The next question is if the SOS would continue on much longer. “Oh yes," said Sebastien, "we are the longest running group of this kind in Second Life. We have seen many other groups come and go, but none have stood the test of time. Judging by the immense support from the SL community at large during our event, we will continue to stay open, and continue to grow.”

I asked if anyone can come in the chat at any time to seek help. “Yes," replied Sebastien, "anyone is welcome to join the group chat at any time to ask for help. A group invite will be sent to everyone who lands at the SOS parcel.”

My next question for Sebastien was when the best time to ask for help would be. “Hmmm, it really depends," said Sebastien, "we have members and mentors from the US west coast, and even Hawaii, to Australia and New Zealand.”  “Lets put it this way, I've never been online and not have had at least a dozen of members online at the same time.”

The next question was, “Is there such a thing as exchanging emails with other members or/and mentors so they can continue to receive the help they need when they are not on Second Life?”  Sebastien's response was, “No, but that segues nicely into something I wanted to share with you and your readers," said Sebastien, "We have started embracing social media. We are now on FaceBook, Flickr, and we have our own Discord server. Are you familiar with Discord? ...  It is called Survivors of Suicide. We have a discord button in the entrance hall of the main SOS building long with a button for our website, FaceBook page, and Flickr.”

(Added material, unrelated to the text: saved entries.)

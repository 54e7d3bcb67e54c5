//! What is sent is read as it was meant.
ghost use Rattle.std.specs.Prelude.{ℕ, List};
ghost use Rattle.iss_exchange_laws.specs.declared.moves.Move.{Move};
ghost use Rattle.iss_exchange_laws.specs.Exchanges.{Exchange};
ghost use Rattle.iss_exchange_laws.specs.Statements.{LeadTo};
ghost use Rattle.iss_delivery.specs.Delivering.{AllAreRead, AllAreSendable};

/// After every list of moves, each text that was sent is read as its message. A notice is read as none if its amount or
/// gateway part is over what a limit may be.
pub fn what_is_sent_is_read()
    ensures sendable { (instance : ℕ) (ms : List Move) (x : Exchange) → LeadTo instance ms x → AllAreSendable x.sent }
    ensures read { (instance : ℕ) (ms : List Move) (x : Exchange) → LeadTo instance ms x → AllAreRead instance x.sent }
{}
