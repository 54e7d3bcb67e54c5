//! What entries send.
ghost use Rattle.std.specs.Prelude.{◌≡◌, ◌++◌, OnOk, option_to_list};
ghost use Rattle.std.specs.List.{filter_map};
ghost use Rattle.iss_exchange_laws.specs.Messages.{sent_by};

use iss_exchange_laws::Sent;
use iss_model::Entry;
use std::alloc::AllocError;

/// Adds what entries send, in their order. If an allocation fails, a part of it may be there.
pub fn put_sent(out: &mut Vec<Sent>, entries: &[Entry]) -> Result<(), AllocError>
    ensures { OnOk result (out.new.items ≡ out.old.items ++ filter_map sent_by entries.now) }
{
    for entry in entries {
        put(out, sent_by(entry))?;
    }
    Ok(())
}

/// What an entry sends.
fn sent_by(entry: &Entry) -> Option<Sent>
    ensures { result ≡ sent_by entry.now }
{
    match entry {
        Entry::Opened(opened) => Some(Sent::Request(*opened)),
        Entry::Notice(notice) => Some(Sent::Notice(*notice)),
        _ => None,
    }
}

fn put<T: Copy + Drop>(things: &mut Vec<T>, thing: Option<T>) -> Result<(), AllocError>
    ensures { OnOk result (things.new.items ≡ things.old.items ++ option_to_list thing) }
{
    if let Some(thing) = thing {
        things.push(thing)?;
    }
    Ok(())
}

“I'm excited that we are now able to reach out to our members even when they aren't in Second Life,” Sebastien said, “It was really nice to see all the people that came to visit us during the event, we have over 3000 people come through, and I spoke with over one hundred of them, and everyone had stories of either themselves or people they knew who has gone through very difficult times.  We are going strong into the future, with a new club house, more meetings and activities than before, and that we are here to stay.”

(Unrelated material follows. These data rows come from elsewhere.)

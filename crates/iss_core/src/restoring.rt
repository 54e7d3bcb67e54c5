//! A core that is made again from what a core keeps.
ghost use Rattle.std.specs.Prelude.{◌≡◌, ◌↔◌, ◌<◌, List, fold, IsTrue, IsSome, IfSome, IfOk, OnOk};
ghost use Rattle.iss_model.specs.declared.limits.TheConstants.{INSTANCES};
ghost use Rattle.iss_model.specs.declared.input.Record.{Record};
ghost use Rattle.iss_model.specs.rules.Histories.{IsLegal};
ghost use Rattle.iss_model.specs.state.Cores.{no_core};
ghost use Rattle.iss_states.specs.Rebuilding.{rebuilt};
ghost use Rattle.iss_states.specs.Showing.{shown};
ghost use Rattle.iss_rebuilt.specs.Sums.{AreRecords};
ghost use Rattle.iss_well_formed.specs.Events.{with_seen_setting};
ghost use Rattle.iss_known.specs.Known.{IsKnownOf};
ghost use Rattle.iss_sound.specs.Sound.{IsSoundButSettings, IsSoundState};
ghost use Rattle.iss_core.specs.Restoring.{IsStateOf, StandsIfMade};
ghost use Rattle.iss_core.specs.States.{kept_state};

use crate::Core;
use crate::state::State;
use iss_known::Known;
use iss_restored::chain_again;
use iss_restored_lists::{
    calls_again, counters_again, events_again, notices_again, stand_ins_again,
};
use iss_sound::known_if_sound;
use std::alloc::{AllocError, Global};

impl Core {
    /// The core that shows this state, for the device of this instance. `None` exactly if the state isn't sound.
    ///
    /// Each setting and each load is judged by those before it, and each setting that is done is taken up.
    pub fn restore(
        alloc: Global,
        state: &iss_model::State,
        instance: u64,
    ) -> Result<Option<Core>, AllocError>
        requires { instance < INSTANCES }
        ensures sound { IfOk result (λ made. IsSome made ↔ IsSoundState state.entry.now) }
        ensures made { IfOk result (λ made. IfSome made (λ c. c ≡ record { instance = instance; state = rebuilt state.entry.now })) }
        ensures shows { IfOk result (λ made. IfSome made (λ c. shown c.state ≡ state.entry.now)) }
        ensures stands { (rs : List Record) → IsLegal rs → AreRecords rs → IsStateOf rs state.entry.now
            → IfOk result (StandsIfMade rs) }
    {
        let mut again = Box::new(alloc, State::new(alloc)?)?;
        if !again.restore(alloc, state)? {
            return Ok(None);
        }
        Ok(Some(Core {
            instance,
            state: again,
        }))
    }
}

impl State {
    /// Takes up what a state keeps, if that is sound. Returns whether it is.
    fn restore(&mut self, alloc: Global, state: &iss_model::State) -> Result<bool, AllocError>
        requires { kept_state self.old ≡ no_core }
        ensures sound { IfOk result (λ sound. IsTrue sound ↔ IsSoundState state.entry.now) }
        ensures made { IfOk result (λ sound. IsTrue sound → kept_state self.new ≡ rebuilt state.entry.now) }
    {
        match known_if_sound(alloc, state)? {
            None => Ok(false),
            Some(known) => self.restore_known(alloc, state, known),
        }
    }

    /// Takes up what a state keeps, if its settings and loads are decided as those before them have it. Returns whether
    /// they are.
    fn restore_known(
        &mut self,
        alloc: Global,
        state: &iss_model::State,
        known: Known,
    ) -> Result<bool, AllocError>
        requires new { kept_state self.old ≡ no_core }
        requires sound { IsSoundButSettings state.now }
        requires known { IsKnownOf known (rebuilt state.now) }
        ensures sound { IfOk result (λ sound. IsTrue sound ↔ IsSoundState state.entry.now) }
        ensures made { IfOk result (λ sound. IsTrue sound → kept_state self.new ≡ rebuilt state.entry.now) }
    {
        if !self.take_up_settings(alloc, &state.events.0)? {
            return Ok(false);
        }
        self.take_up_rest(alloc, state, known)?;
        Ok(true)
    }

    /// Takes up all else that a state keeps, when its settings are taken up. What is known is let go as soon as
    /// nothing asks for it, since it is large.
    fn take_up_rest(
        &mut self,
        alloc: Global,
        state: &iss_model::State,
        known: Known,
    ) -> Result<(), AllocError>
        requires set { kept_state self.old ≡ fold with_seen_setting no_core state.now.events }
        requires sound { IsSoundButSettings state.now }
        requires known { IsKnownOf known (rebuilt state.now) }
        ensures { OnOk result (kept_state self.new ≡ rebuilt state.entry.now) }
    {
        counters_again(state, &known, &mut self.controls)?;
        stand_ins_again(state, &mut self.sets)?;
        self.calls = calls_again(alloc, state, &known)?;
        let txns = known.into_txns();
        self.chain = chain_again(alloc, state, &txns)?;
        drop(txns);
        self.events = events_again(alloc, state)?;
        self.notices = notices_again(alloc, state)?;
        self.time = state.now;
        self.count = state.records;
        Ok(())
    }
}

As the interview came to a close, Sebastien said, “My main goal for 2019 is to grow the membership of SOS, I realized just how many people who needs us, or could benefit from us, but don't know we exist. So that is the main objective, and any publicity we can get is fantastic!”

The interview came to a close and I have a good feeling about the future of Survivors of Suicide.  As Sebastien said, they are here to stay. As a member of SOS, I look forward to many days with the group.  SOS is an excellent group, and they are helping people out in need.